The last time I told them about something that was so important to me was when I came out to them as nonbinary. I thought they were at least slightly accepting, she had had a gay friend after all, and they had never shown any obvious transphobia. (Its funny how, after I came out, the bigotry became a lot more prevalent).
And so, I went to my grandma's kitchen, sat on the floor, in a corner, and typed out "I am nonbinary" in our group chat. My thumb hovered over send for what seemed like an eternity until, finally, I pressed send. And then I started to cry.
They had texted back "okay" and "what does that mean" but I didn't respond. I couldn't respond. When she picked me up a few hours later, we talked. Well, she talked.

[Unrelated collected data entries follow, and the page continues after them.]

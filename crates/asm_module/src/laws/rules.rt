//! Laws about the rules of object files, which the statements keep. A law is a function that does nothing and whose clause is a theorem.

ghost use Rattle.std.specs.Prelude.{◌≡◌, ◌<◌, ℕ, All, Bool, List, Some, Ok, map};
ghost use Rattle.asm_expr.specs.Names.{AreCounted, Table, found};
ghost use Rattle.asm_expr.specs.Origins.{AllBring, Brings};
ghost use Rattle.asm_expr.specs.declared.meaning.Meaning.{Meaning};
ghost use Rattle.asm_spell.specs.Line.{Body};
ghost use Rattle.asm_names.specs.Lines.{Taken};
ghost use Rattle.asm_names.specs.Layout.{Layout, next_at};
ghost use Rattle.asm_stmt.specs.Made.{Piece, Some_piece, made};
ghost use Rattle.zmo_object.specs.Rules.{IsModuleStatement};
ghost use Rattle.asm_module.specs.Module.Stated.{numbered_statements};
ghost use Rattle.asm_module.specs.Program.Spelled.{IsSpelled};
ghost use Rattle.asm_module.specs.Rules.Fitting.{FitsWord, IsReadLine};
ghost use Rattle.asm_module.specs.Rules.Piece.{KeepsPieceRules};

/// The piece of a parsed line keeps the rules of an object file, given its number of refs, if `$` and the names bring only refs below that.
pub fn pieces_keep_rules()
    ensures { (t : Table) (b : Body) (p : Piece) (refs : ℕ) → AreCounted t → AllBring (λ r. r < refs) t → IsSpelled b → made t b ≡ Ok (Some_piece p) →
        KeepsPieceRules refs p }
{
    asm_expr::laws::worth_of_settled();
    asm_expr::laws::no_other_refs();
    asm_spell::laws::numbered();
    z80_form::laws::fields();
    z80_form::laws::kept();
    z80_form::laws::places();
}

/// The statements of parsed lines keep the rules of an object file, given its number of refs, if `$` and the names bring only refs below
/// that and the size of space fits a word.
pub(super) fn statements_keep_rules()
    ensures { (grow : Bool) (t : Table) (layout : Layout) (lines : List Taken) (refs : ℕ) → AreCounted t → ((at : ℕ) → next_at layout at < refs) →
        ((name : List ℕ) (what : Meaning) → found t name ≡ Some what → Brings (λ r. r < refs) what) → All (λ l. IsReadLine l.line) lines →
        All FitsWord (map (λ n. n.1) (numbered_statements grow t layout lines)) → All (IsModuleStatement grow refs) (map (λ n. n.1) (numbered_statements grow t layout lines)) }
{
    pieces_keep_rules();
    asm_stmt::laws::few();
}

She told me how I'm just confused and how theres only two genders giving me some ****** up biology lesson about it, using the terms "gender" and "***" interchangeably. and how society had just manipulating me to be this way and how it was a sin against God and how I don't get a choice in this and how I'm a beautiful girl and I didn't have to be insecure about it.
I was broken by these words. I cried that night. I cried and cried because I realized that they would never accept me. They would never love me.
I think I attempted to **** myself that night.
I don't remember, exactly There were so many attempts that I just can't remember anymore.
...
Why do I not want to tell them?
Because I'm scared. I don't want to be ridiculed and criticized. I don't want to break my own heart again. I don't want to be rejected again. I don't trust them anymore.
I don't want to tell them, because they lost my trust.
That was one of the worst days of my life.
I have to tell my parents that I suspect I have asd to get assessed but I'm so scared to because they obviously hold stigma against neurodivergence as a whole and I just feel like it won't go down well.